SPORTS

Tough it Out, Set Goals, Enjoy Life

The most life-challenging experience apart from growing up in a broken family would be that transition of growing up in the village then moving to Suva - Episake Kahatoka
02 Mar 2019 11:47
Tough it Out, Set Goals, Enjoy Life
Episake Kahatoka taking a break after the first Fijian Pearls trials for the 2019 Netball World Cup at the National Gymnasium. Photo: Grace Narayan

Inspired by the late American business magnate Steve Jobs quote “The only way to do great is to love what you do” is what keeps Fijian Pearls goal defender Episake Kahatoka on track with her life.

The 23-year-old Batiri, Nadroga native who is also a Police Constable had previously captained the Baby Pearls at the 2017 Netball Youth World Cup in Botswana.

And she is confident of making the final squad for this year’s Netball World Cup in Liverpool, England.

Kahatoka shares her life experiences, chal­lenges and achievements.

SUN: What’s your current position? How long have you been in this position? Can you give me a brief overview of what it is you do in your work?

EPISAKE: I’m a Police Constable stationed in Lami and graduated in the first batch of 2017.

SUN: What would you say most motivates you to do what you do? What are you most ex­cited or passionate about? What are the goals you most want to accomplish in your work? Not so much the goals that are in your job de­scription, but the goals you hold personally?

EPISAKE: I would say I find the challenges I go through in my daily life is what keeps me going and motivated.

Especially at work I’m in a department that is called community policing and I was part of it last year but I got pulled back to the Uni­form Branch (UB) which involves hugely on interacting with youths and giving back to the community.

At the moment I’m still recovering from my knee injury and would love to make the Fijian Pearls squad for the World Cup. Also, I’m working on my fitness at the same time.

SUN: Give me a brief on your sporting career. EPISAKE: Previously I was involved in rugby 15s for the Nadroga club.

SUN: Where did you grow up, countries that you have been to doing work and what was that like?

EPISAKE: I grew up in my grandmother’s village in Nadrala, Nadroga.

And my parents divorced when I was five-months old and my grandmother brought me up until I completed primary school.

Then my father took the responsibility to look after me since then. Countries I’ve been to are Wales and Botswana, Australia com­peting in netball.

In 2016 I was contracted to play for Celtic Dragons netball franchise club in Wales for 6 months, which was a great exposure for me.

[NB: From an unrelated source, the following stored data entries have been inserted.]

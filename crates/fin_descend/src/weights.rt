//! Which step a nest takes, if any.
ghost use Rattle.std.specs.Prelude.{◌≡◌, nat_eq};
ghost use Rattle.std.specs.Bool.{Decides};
ghost use Rattle.std.specs.List.{list_all, list_any};
ghost use Rattle.fin_looplet.specs.Weight.{is_run, is_point, RunsAtPoint};
ghost use Rattle.fin_nest.specs.Entries.{looplets};
ghost use Rattle.fin_nest.specs.Styles.{style_of, is_point_style};
ghost use Rattle.fin_style_point.specs.Parts.{all_looplets};
ghost use Rattle.fin_descend.specs.Parts.{weight_in};
ghost use Rattle.fin_descend.specs.Heads.{is_early, is_walked};

use fin_looplet::{Looplet, is_point};
use fin_nest::Numbered;
use fin_style_point::Nest;

/// Whether a nest weighs nothing: no step is left to be taken.
pub fn weighs_nothing(nest: &Nest) -> bool
    ensures weightless { result ≡ nat_eq (weight_in nest.now) 0 }
    ensures exactly { Decides result (RunsAtPoint (all_looplets nest.now) nest.now.lo nest.now.hi) }
{
    is_point(&nest.lo, &nest.hi) && has_runs(nest)
}

fn has_runs(nest: &Nest) -> bool
    ensures { result ≡ list_all is_run (all_looplets nest.now) }
{
    are_runs(nest.reads.as_slice()) && are_runs(nest.masks.as_slice())
}

fn are_runs(entries: &[Numbered]) -> bool
    ensures { result ≡ list_all is_run (looplets entries.now) }
{
    for entry in entries {
        if !entry.looplet.is_run() {
            return false;
        }
    }
    true
}

/// Whether its style is stepped point by point.
pub(crate) fn is_at_points(nest: &Nest) -> bool
    ensures { result ≡ is_point_style (style_of (all_looplets nest.now)) }
{
    has_early(nest) || !has_walked(nest)
}

fn has_early(nest: &Nest) -> bool
    ensures { result ≡ list_any is_early (all_looplets nest.now) }
{
    any_early(nest.reads.as_slice()) || any_early(nest.masks.as_slice())
}

fn has_walked(nest: &Nest) -> bool
    ensures { result ≡ list_any is_walked (all_looplets nest.now) }
{
    any_walked(nest.reads.as_slice()) || any_walked(nest.masks.as_slice())
}

fn any_early(entries: &[Numbered]) -> bool
    ensures { result ≡ list_any is_early (looplets entries.now) }
{
    for entry in entries {
        if is_early(&entry.looplet) {
            return true;
        }
    }
    false
}

fn any_walked(entries: &[Numbered]) -> bool
    ensures { result ≡ list_any is_walked (looplets entries.now) }
{
    for entry in entries {
        if is_walked(&entry.looplet) {
            return true;
        }
    }
    false
}

fn is_early(looplet: &Looplet) -> bool
    ensures { result ≡ is_early looplet.now }
{
    match looplet {
        Looplet::Shift { by: _, child: _ } => true,
        Looplet::Switch(_) => true,
        _ => false,
    }
}

fn is_walked(looplet: &Looplet) -> bool
    ensures { result ≡ is_walked looplet.now }
{
    match looplet {
        Looplet::Sequence(_) => true,
        Looplet::Stepper(_) => true,
        Looplet::Jumper(_) => true,
        _ => false,
    }
}
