//! What the descent leaves to its caller.
ghost use Rattle.std.specs.Prelude.{◌≡◌, ◌<◌, IfOk};
ghost use Rattle.std.specs.List.{All};
ghost use Rattle.fin_ir.specs.declared.layout.Layout.{Layout};
ghost use Rattle.fin_stage.specs.Staged.{Run};
ghost use Rattle.fin_looplet.specs.Weight.{RunsAtPoint};
ghost use Rattle.fin_nest.specs.Courses.{Behind};
ghost use Rattle.fin_nest.specs.Related.{Start};
ghost use Rattle.fin_style_point.specs.declared.nest.Nest.{Nest};
ghost use Rattle.fin_style_point.specs.Parts.{all_looplets};
ghost use Rattle.fin_descend.specs.Parts.{weight_in, parts_of};
ghost use Rattle.fin_descend.specs.Promises.{MeansIn, Tells};

use crate::lowered::{Known, Lowered};
use fin_style_point::Nest;
use std::alloc::{AllocError, Global};

/// The bodies of one loop's nests.
pub trait Bodies {
    /// Which nests may come: the loop's own, and the parts of each that may.
    ghost comes: { Self → Nest → Type 0 };

    /// What may stand behind them, by what a run begins with and the layout of the code.
    ghost stands: { Self → Start → Layout → Behind Run → Type 0 };

    /// Whether the body is nothing along the nest, or is done at once, or neither.
    fn ask(&self, alloc: Global, nest: &Nest) -> Result<Known, AllocError>
        requires { comes self.now nest.now }
        ensures { IfOk result (λ known. Tells (stands self.now) nest.now known) };

    /// The code of the body at the one coordinate of a nest of runs.
    fn at_point(&self, alloc: Global, nest: &Nest) -> Result<Lowered, AllocError>
        requires comes { comes self.now nest.now }
        requires point { RunsAtPoint (all_looplets nest.now) nest.now.lo nest.now.hi }
        ensures { IfOk result (λ lowered. MeansIn (stands self.now) lowered nest.now) };

    /// What may come is kept by each step.
    ghost parts_come: { (self : Self) (n : Nest) → 0 < weight_in n → comes self n → All (comes self) (parts_of n) };
}
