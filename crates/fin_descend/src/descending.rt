//! The recursion from nests to code, by weight, for bodies that call back into no descent.
ghost use Rattle.std.specs.Prelude.{◌≤◌, IfOk};
ghost use Rattle.std.specs.List.{All};
ghost use Rattle.fin_descend.specs.declared.lowered.Known.TheVariants.{Open};
ghost use Rattle.fin_descend.specs.Promises.{MeansIn, Tells, MeanEach, Joins};

use crate::bodies::Bodies;
use crate::lowered::{Known, Lowered, filled, greater, nothing};
use crate::stepping::{Split, step};
use crate::weights::weighs_nothing;
use fin_ir::Code;
use fin_style_point::Nest;
use sqlite_items::Items;
use std::alloc::{AllocError, Global};

/// Codes of some nests, and how many locals they need.
#[derive(Debug, Drop)]
struct Each {
    codes: Items<Code>,
    room: u32,
}

/// The code of a nest means it, whatever of the caller's family stands behind it.
#[cycle(descend)]
pub fn descend<B: Bodies>(alloc: Global, nest: &Nest, bodies: &B) -> Result<Lowered, AllocError>
    requires { B.comes bodies.now nest.now }
    ensures { IfOk result (λ lowered. MeansIn (B.stands bodies.now) lowered nest.now) }
{
    match bodies.ask(alloc, nest)? {
        Known::Nothing => Ok(nothing()),
        Known::AtOnce(lowered) => Ok(lowered),
        Known::Open => descend_open(alloc, nest, bodies),
    }
}

// A nest that may be stepped.
#[cycle(descend)]
fn descend_open<B: Bodies>(alloc: Global, nest: &Nest, bodies: &B) -> Result<Lowered, AllocError>
    requires comes { B.comes bodies.now nest.now }
    requires may_step { Tells (B.stands bodies.now) nest.now Open }
    ensures { IfOk result (λ lowered. MeansIn (B.stands bodies.now) lowered nest.now) }
{
    if weighs_nothing(nest) {
        return bodies.at_point(alloc, nest);
    }
    let split = step(alloc, nest)?;
    descend_split(alloc, split, bodies)
}

#[cycle(descend)]
fn descend_split<B: Bodies>(alloc: Global, split: Split, bodies: &B) -> Result<Lowered, AllocError>
    requires { All (B.comes bodies.now) split.nests }
    ensures joins { IfOk result (λ lowered. Joins (B.stands bodies.now) split lowered) }
    ensures room { IfOk result (λ lowered. split.room ≤ lowered.room) }
{
    descend_parts(alloc, &split, bodies)
}

// The code of a nest that is divided so.
#[cycle(descend)]
fn descend_parts<B: Bodies>(alloc: Global, split: &Split, bodies: &B) -> Result<Lowered, AllocError>
    requires { All (B.comes bodies.now) split.now.nests }
    ensures joins { IfOk result (λ lowered. Joins (B.stands bodies.now) split.now lowered) }
    ensures room { IfOk result (λ lowered. split.now.room ≤ lowered.room) }
{
    let each = descend_each(alloc, split.nests.as_slice(), bodies)?;
    let room = greater(split.room, each.room);
    filled(alloc, &split.frame, each.codes, room)
}

#[cycle(descend)]
fn descend_each<B: Bodies>(alloc: Global, nests: &[Nest], bodies: &B) -> Result<Each, AllocError>
    requires { All (B.comes bodies.now) nests.now }
    ensures { IfOk result (λ each. MeanEach (B.stands bodies.now) nests.now each.codes each.room) }
{
    let mut codes = Items::new(alloc);
    let mut room = 0;
    for nest in nests {
        let lowered = descend(alloc, nest, bodies)?;
        room = greater(room, lowered.room);
        codes.push(lowered.code)?;
    }
    Ok(Each { codes, room })
}
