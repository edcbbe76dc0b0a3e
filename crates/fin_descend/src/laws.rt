//! What is proved of nests without jumpers, of the leaves in nests, of free locals, and of what the code of a nest
//! names and leaves as it is.
ghost use Rattle.fin_looplet.specs.declared.looplet.Leaf.{Leaf};
ghost use Rattle.fin_descend.specs.Jumpless.{PartsAreOfLoop, JumplessDontJump};
ghost use Rattle.fin_descend.specs.Leaves.{
  Lasting,
  PartsKeepLeaves,
  RunsKeepLeaves,
  FlatAreRuns,
  LeafWorded,
  IsNumberOrGap,
};
ghost use Rattle.fin_descend.specs.Holes.{FramesCompose, StepsHaveHoles};
ghost use Rattle.fin_descend.specs.Parts.{PartsComeLater};
ghost use Rattle.fin_descend.specs.Sparing.{PartsSpare, FillsSpare, SparesLess};
ghost use Rattle.fin_descend.specs.Naming.{PartsAreNamed, FillsAreNamed, MoreIsNamed};

/// The parts of a nest of a loop without jumpers are nests of the loop without jumpers.
pub fn parts_are_of_loop()
    ensures { PartsAreOfLoop }
{}

/// No part of a nest has a free local before the nest's.
pub fn parts_come_later()
    ensures { PartsComeLater }
{}

/// A nest without jumpers hasn't the style of jumpers: it owes nothing for them.
pub fn jumpless_dont_jump()
    ensures { JumplessDontJump }
{}

/// A property of leaves, whichever it is.
pub trait LeafProperty {
    ghost holds: { Leaf → Type 0 };
}

/// Where leaves in a nest's reads have a property that lasts, and leaves in its masks another and are under no lookups, so
/// it is in its parts.
pub fn parts_keep_leaves<P: LeafProperty, Q: LeafProperty>()
    ensures { PartsKeepLeaves P.holds Q.holds }
{}

/// Looplets that have come to runs are runs of leaves with the property.
pub fn runs_keep_leaves<P: LeafProperty>()
    ensures { RunsKeepLeaves P.holds }
{}

/// Flat looplets that hold no lookup are runs of leaves with the property.
pub fn flat_are_runs<P: LeafProperty>()
    ensures { FlatAreRuns P.holds }
{}

/// It lasts that fills are words.
pub fn words_last()
    ensures { Lasting LeafWorded }
{}

/// It lasts that leaves are numbers, or the gap where no phase is left.
pub fn numbers_last()
    ensures { Lasting IsNumberOrGap }
{}

/// The frame of a step assigns only locals of the nest, and so do those of its parts.
pub fn steps_spare()
    ensures { PartsSpare }
{}

/// Codes that leave something as it is, in a frame that does, make code that does.
pub fn fills_spare()
    ensures { FillsSpare }
{}

/// Code that leaves more as it is leaves less as it is.
pub fn sparing_is_monotone()
    ensures { SparesLess }
{}

/// Codes for the holes of frames, which fill a frame, are codes in those frames, which then fill it.
pub fn frames_compose()
    ensures { FramesCompose }
{}

/// The frame of a step has a hole for each part.
pub fn steps_have_holes()
    ensures { StepsHaveHoles }
{}

/// Where a nest is named in a layout with the locals of its step, the step's frame and parts are named.
pub fn parts_are_named()
    ensures { PartsAreNamed }
{}

/// Codes that are named, in a frame that is, make code that is.
pub fn fills_are_named()
    ensures { FillsAreNamed }
{}

/// What is named in a layout is named in a larger one.
pub fn more_is_named()
    ensures { MoreIsNamed }
{}
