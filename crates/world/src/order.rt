//! What follows for journals from their histories. Each function's contract is a law, and its
//! body is empty.
ghost use Rattle.world.specs.Bundles.{JournalsAreFaithful, ChainsAreEnough};
ghost use Rattle.world.specs.CasesInOrder.{VerdictsNameFaultsInOrder};
ghost use Rattle.world.specs.Exact.{EqualUnionsEqualRows};
ghost use Rattle.world.specs.MeaningInOrder.{KeysInOrderMean, SoundInOrderMeans};

/// A journal whose history is a linear extension is faithful.
pub fn journals_are_faithful()
    ensures { JournalsAreFaithful }
{}

/// If an audit by chains finds nothing in the histories of some journals, each of the journals is faithful to the world that it joins them
/// to.
pub fn chains_are_enough()
    ensures { ChainsAreEnough }
{}

/// If the audit in one order reports Sound, the world that the journals are joined to is sound and each journal is faithful to it.
pub fn sound_in_order_means()
    ensures { SoundInOrderMeans }
{}

/// If the audit of keys in one order reports Sound, the GTIDs of that world are sound and each journal is faithful to it.
pub fn keys_in_order_mean()
    ensures { KeysInOrderMean }
{}

/// Each verdict of the audit in one order but Sound names a fault that is there; for a pair two of the journals
/// have it so.
pub fn verdicts_name_faults_in_order()
    ensures { VerdictsNameFaultsInOrder }
{}

/// Journals over one opening that agree in contents and whose unions are equal result in equal rows: by the audit
/// of sources or by that in one order, and in whatever orders the journals have the transactions.
pub fn equal_unions_equal_rows()
    ensures { EqualUnionsEqualRows }
{}
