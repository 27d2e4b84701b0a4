//! What the verdicts mean. Each function's contract is a law, and its body is empty.
ghost use Rattle.world.specs.Cases.{VerdictsNameFaults};
ghost use Rattle.world.specs.Folds.{OnePassApplies, OnePassShares, OnePassCloses};
ghost use Rattle.world.specs.Least.{MissingIsLeast, SharedIsLeast, FirstSourceFails};
ghost use Rattle.world.specs.Meaning.{SoundMeansSound, FaithfulIsSound, KeysSoundMeans};

/// If the audit of journals reports Sound, their world is sound and each journal is faithful.
pub fn sound_means_sound()
    ensures { SoundMeansSound }
{}

/// The other way, if each journal's previous set lies within the opening set. Without that the converse is false: a journal that begins
/// where another ends is faithful, and is reported as Purged.
pub fn faithful_is_sound()
    ensures { FaithfulIsSound }
{}

/// If the audit of keys reports Sound, the keys of the journals' world are sound, and each journal is faithful.
pub fn keys_sound_mean()
    ensures { KeysSoundMeans }
{}

/// Each verdict but Sound names a fault that is there.
pub fn verdicts_name_faults()
    ensures { VerdictsNameFaults }
{}

/// If the keys are sound, one pass over all transactions, in the order of GTIDs, finds the first that fails in its own source's list taken
/// alone.
pub fn one_pass_applies()
    ensures { OnePassApplies }
{}

/// One pass over all transactions, in the order of GTIDs, finds the first pair that shares a key.
pub fn one_pass_shares()
    ensures { OnePassShares }
{}

/// If the world is that of the journals and nothing was purged, the last toucher of each key is enough to find that something is left out
/// of a journal.
pub fn one_pass_closes()
    ensures { OnePassCloses }
{}

/// No GTID less than the one that is reported as Missing is missing.
pub fn missing_is_least()
    ensures { MissingIsLeast }
{}

/// Of what is reported as Shared the greater GTID is the least that shares a key with a smaller source, the
/// key is its first that is so shared, and the lesser GTID is the least that touches it.
pub fn shared_is_least()
    ensures { SharedIsLeast }
{}

/// If a GTID is reported as DoesNotApply, what each source smaller than its own committed applies alone.
pub fn first_source_fails()
    ensures { FirstSourceFails }
{}
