use crate::fault::{EventFault, EventRefusal};
use crate::joined::{has_all, join};
use crate::mapped::{StatementTable, StatementTables, table_name};
use crate::stages::{FileOrder, TransactionStage};
use crate::varied::{Varied, VariedColumns};
use collations::Collation;
use gtid_set::{GtidSet, SetFault};
use gtid_text::{Gtid, SourceId};
use journal::Entry;
use rows::{Change, Changes, Name, Transaction};
use std::alloc::{AllocError, Global};
use std::mem;

/// What a binary log describes.
#[derive(Drop)]
pub struct LoggedTransactions {
    /// The set that was executed before, by its first file. Its numbers are 1 to 2^63 - 1.
    pub previous: GtidSet,
    /// Its entries, in order.
    pub entries: Vec<Entry>,
    /// The columns whose values the server compares otherwise than their bytes.
    pub varied: Vec<Varied>,
    ghost numbers: { HaveNumbers previous },
    ghost numbered: { list_all (λ e. is_number e.gtid.number) entries.items ≡ true },
}

/// The transactions of a binary log, as far as its events have come. An event that is refused changes nothing; after a fault that is no
/// refusal no more are to come.
#[derive(Drop)]
pub struct LogTransactions {
    stage: TransactionStage,
    /// Of the transaction that is open, or was the last one.
    gtid: Gtid,
    /// No GTID has come.
    is_fresh: bool,
    /// The set that was executed before, by the files.
    previous: GtidSet,
    file: FileOrder,
    /// The opening set, the previous set of the first file, and the GTIDs that came.
    come: GtidSet,
    /// Rows events of the statement have come: the next table is another statement's.
    is_over: bool,
    /// Rows events of the statement have come, and none of them has ended it.
    is_open: bool,
    /// The table whose columns come.
    mapping: Option<Name>,
    /// Those that the statement has mapped before.
    tables: StatementTables,
    /// Of the transaction that is open.
    changes: Vec<Change>,
    /// Those of the transactions before it.
    entries: Vec<Entry>,
    /// Columns whose values the server compares otherwise than their bytes.
    varied: VariedColumns,
    ghost numbers: { HaveNumbers previous },
    ghost number: { is_number gtid.number ≡ true },
    ghost numbered: { list_all (λ e. is_number e.gtid.number) entries.items ≡ true },
}
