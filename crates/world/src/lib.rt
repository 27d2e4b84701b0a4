//! Whether journals can be merged at all, and if not, which transactions are at fault: the verdicts of an audit, as definitions, and what
//! they mean, as laws. The code that finds them is crate `audit`. (A server neither detects nor resolves conflicts between sources: MySQL
//! 8.0 Reference Manual, "MySQL Multi-Source Replication".)
//!
//! The verdicts in the order in which they are tested: two journals differ under one GTID (Unequal); a previous set goes beyond the opening
//! set (Purged); a number is missing (Missing); two sources share a key (Shared); a journal has an entry without an earlier one that it
//! depends on (NotClosed); a transaction does not apply after the earlier ones of its source (DoesNotApply).
//!
//! `sound_means_sound`: if the verdict is Sound, the world of the journals is sound and each journal is faithful (`history`).
//! `verdicts_name_faults`: every other verdict names a fault that is there. `missing_is_least`, `shared_is_least`, `first_source_fails`:
//! the one that is named is the least. The converse of the first law needs previous sets within the opening set (`faithful_is_sound`).
//!
//! The one-pass laws (`one_pass_shares`, `one_pass_closes`, `one_pass_applies`) state by which single pass an audit finds the same in n log
//! n steps.
//!
//! In one order (`order`): what follows for journals from their histories, whichever sources wrote them, and what an audit of them finds.
#![tactic(auto)]

mod laws;
mod order;
mod verdict;

pub use laws::{
    faithful_is_sound, first_source_fails, keys_sound_mean, missing_is_least, one_pass_applies,
    one_pass_closes, one_pass_shares, shared_is_least, sound_means_sound, verdicts_name_faults,
};
pub use order::{
    chains_are_enough, equal_unions_equal_rows, journals_are_faithful, keys_in_order_mean,
    sound_in_order_means, verdicts_name_faults_in_order,
};
pub use verdict::Verdict;
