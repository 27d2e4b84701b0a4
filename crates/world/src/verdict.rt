//! The verdict of an audit.
use gtid_set::GtidSet;
use gtid_text::Gtid;
use rows::{Key, RowFault};

/// What an audit of journals finds first, in the order of these cases.
#[derive(Drop)]
pub enum Verdict {
    /// A GTID under which two journals have different transactions.
    Unequal(Gtid),
    /// A journal, counted from 0, whose previous set is not within the opening set; and what is
    /// missing.
    Purged(usize, GtidSet),
    /// The least GTID that is in no journal though a greater number of its source is.
    Missing(Gtid),
    /// Two GTIDs of different sources that share a key, the greater one second.
    Shared(Gtid, Gtid, Key),
    /// Two GTIDs that share a key, which two journals have in different orders. Only the audit in one
    /// order reports it.
    Reordered(Gtid, Gtid, Key),
    /// An entry that is in a journal without an earlier one of its source that shares a key; in the
    /// audit in one order, without one that shares a key and comes before it in another journal.
    NotClosed(Gtid, Gtid),
    /// Two GTIDs that share a key, each in a journal that lacks the other, if neither journal has both. Only the audit in one order reports
    /// it.
    Concurrent(Gtid, Gtid, Key),
    /// A transaction that does not apply after the earlier ones of its source.
    DoesNotApply(Gtid, RowFault),
    /// The journals can be merged.
    Sound,
}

And followed by in 2017 I captained the Un­der- 21 Baby Pearls side for the Netball World Youth Cup in Botswana. Not forgetting my recent international outing in the 2018 Com­monwealth Games in Gold Coast, Australia.

SUN: Did you have any key mentors or peo­ple who deeply influenced who you are, what you believe in and what you’re committed to in your work and life?

EPISAKE: My grandmother and mother are my two greatest mentors.

I’m been deeply influenced by her love for netball as she only represented at province level so I’m fortunate to have managed to go beyond that and being able to represent at national level. Also, my coach Vicki Wil­son and the Fiji Netball staff members for always encouraging and pushing me to give going for higher heights.

SUN: Did you have any life-changing experi­ences and challenges that put you on the path that led you to be doing what you’re doing to­day?

EPISAKE: Tell me about them. For me the most life-challenging experience apart from growing up in a broken family would be that of making the transition of growing up in the village then moving to to Suva an urban centre. It was quite a challenge to adapt to the way of life here.

Also, before joining the police I was en­rolled at USP to compete my Bachelors which I wasn’t successful in and later be­coming a policewoman happens to give me no reason to regret about my decision.

SUN: As active women involved in sports previously and now, how do you see or ana­lyze the role of women in sports specifically in Fiji and how important is it to encourage more women taking up roles in various sporting fed­erations?

EPISAKE: Girls and women who play sports have higher levels of confidence and self-es­teem and lower levels of depression.

And they also have a more positive body image and experience higher state of psy­chological well-being than girls and women who do not play sports. So, I feel it’s a posi­tive sign to see more woman involvement recently both in the sporting field and the administration side too.

SUN: When you think of the future of the kind of work you’ve talked about here, what gives you a sense of hope? What’s next for you in your work?

EPISAKE: What are you looking forward to? The only thing that gives me a sense of hope for the future is to continue with my hardwork both in professional and sporting career.

I feel it’s a challenge trying to balance both accordingly but it’s worthwhile. And as far as my future sporting career is concerned I hope to secure a contract in one of the inter­national netball clubs.